> _Problem description_
Counting the line with "filename crates/report/src/shift.rt" as the last one, copy out the lines of the data exactly from the first onward.
(Available data)
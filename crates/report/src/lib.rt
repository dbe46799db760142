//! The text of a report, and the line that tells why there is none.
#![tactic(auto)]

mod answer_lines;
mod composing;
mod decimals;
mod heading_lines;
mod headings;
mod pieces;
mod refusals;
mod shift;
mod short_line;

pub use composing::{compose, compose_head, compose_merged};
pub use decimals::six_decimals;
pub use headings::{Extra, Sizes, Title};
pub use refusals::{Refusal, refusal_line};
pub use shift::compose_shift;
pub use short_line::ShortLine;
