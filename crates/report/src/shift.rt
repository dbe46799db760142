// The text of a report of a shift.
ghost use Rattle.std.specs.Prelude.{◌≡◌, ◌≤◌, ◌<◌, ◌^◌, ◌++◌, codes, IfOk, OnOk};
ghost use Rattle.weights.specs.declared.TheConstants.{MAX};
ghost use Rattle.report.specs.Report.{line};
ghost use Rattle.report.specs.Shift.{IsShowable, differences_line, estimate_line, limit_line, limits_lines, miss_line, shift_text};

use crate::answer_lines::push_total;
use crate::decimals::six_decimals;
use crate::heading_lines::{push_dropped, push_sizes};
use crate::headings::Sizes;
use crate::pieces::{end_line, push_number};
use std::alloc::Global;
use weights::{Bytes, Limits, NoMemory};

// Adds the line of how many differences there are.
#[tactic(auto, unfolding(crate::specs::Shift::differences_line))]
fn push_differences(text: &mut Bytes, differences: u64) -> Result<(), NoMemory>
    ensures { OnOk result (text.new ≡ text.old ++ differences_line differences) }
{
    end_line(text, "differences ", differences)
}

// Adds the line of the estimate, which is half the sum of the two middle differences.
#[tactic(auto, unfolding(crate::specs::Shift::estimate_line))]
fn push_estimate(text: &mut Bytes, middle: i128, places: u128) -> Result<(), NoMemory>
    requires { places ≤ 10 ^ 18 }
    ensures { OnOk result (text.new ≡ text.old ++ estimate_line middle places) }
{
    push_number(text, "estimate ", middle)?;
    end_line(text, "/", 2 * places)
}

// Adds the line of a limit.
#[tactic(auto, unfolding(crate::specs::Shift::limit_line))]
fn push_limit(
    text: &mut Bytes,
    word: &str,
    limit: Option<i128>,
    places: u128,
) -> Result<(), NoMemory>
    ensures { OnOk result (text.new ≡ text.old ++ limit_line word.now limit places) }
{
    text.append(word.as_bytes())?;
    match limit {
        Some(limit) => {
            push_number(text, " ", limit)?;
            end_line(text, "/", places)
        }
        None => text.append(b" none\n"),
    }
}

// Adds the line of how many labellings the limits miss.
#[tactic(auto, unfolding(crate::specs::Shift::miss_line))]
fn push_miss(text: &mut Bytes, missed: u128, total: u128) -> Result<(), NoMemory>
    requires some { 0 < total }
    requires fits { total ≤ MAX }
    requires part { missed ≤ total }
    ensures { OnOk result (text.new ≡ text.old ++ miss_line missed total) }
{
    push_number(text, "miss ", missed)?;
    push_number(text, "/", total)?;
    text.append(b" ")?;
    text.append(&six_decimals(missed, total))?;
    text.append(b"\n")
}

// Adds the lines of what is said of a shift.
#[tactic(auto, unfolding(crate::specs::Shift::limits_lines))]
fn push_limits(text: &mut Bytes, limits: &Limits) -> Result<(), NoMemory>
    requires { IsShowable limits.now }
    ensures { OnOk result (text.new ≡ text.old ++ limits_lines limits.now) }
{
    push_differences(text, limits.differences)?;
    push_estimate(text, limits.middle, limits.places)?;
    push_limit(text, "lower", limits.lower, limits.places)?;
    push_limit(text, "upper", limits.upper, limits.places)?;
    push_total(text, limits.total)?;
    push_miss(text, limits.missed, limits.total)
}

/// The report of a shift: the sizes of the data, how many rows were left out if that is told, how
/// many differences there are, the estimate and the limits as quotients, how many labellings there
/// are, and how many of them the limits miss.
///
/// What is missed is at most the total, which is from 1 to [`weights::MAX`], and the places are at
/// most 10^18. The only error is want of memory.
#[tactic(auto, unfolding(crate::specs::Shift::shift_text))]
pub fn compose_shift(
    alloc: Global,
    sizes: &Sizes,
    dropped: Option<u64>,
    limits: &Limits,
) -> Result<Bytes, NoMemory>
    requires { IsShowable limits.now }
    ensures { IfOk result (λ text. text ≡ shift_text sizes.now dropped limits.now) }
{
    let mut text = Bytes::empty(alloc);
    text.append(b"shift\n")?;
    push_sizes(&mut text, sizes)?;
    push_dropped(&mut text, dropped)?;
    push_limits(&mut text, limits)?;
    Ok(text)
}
(End Available data)
> _Written solution_
filename crates/report/src/lib.rt
repository dbe46799db760142
//! The text of a report, and the line that tells why there is none.
#![tactic(auto)]

mod answer_lines;
mod composing;
mod decimals;
mod heading_lines;
mod headings;
mod pieces;
mod refusals;
mod shift;
mod short_line;

pub use composing::{compose, compose_head, compose_merged};
pub use decimals::six_decimals;
pub use headings::{Extra, Sizes, Title};
pub use refusals::{Refusal, refusal_line};
pub use shift::compose_shift;
pub use short_line::ShortLine;
filename crates/report/src/shift.rt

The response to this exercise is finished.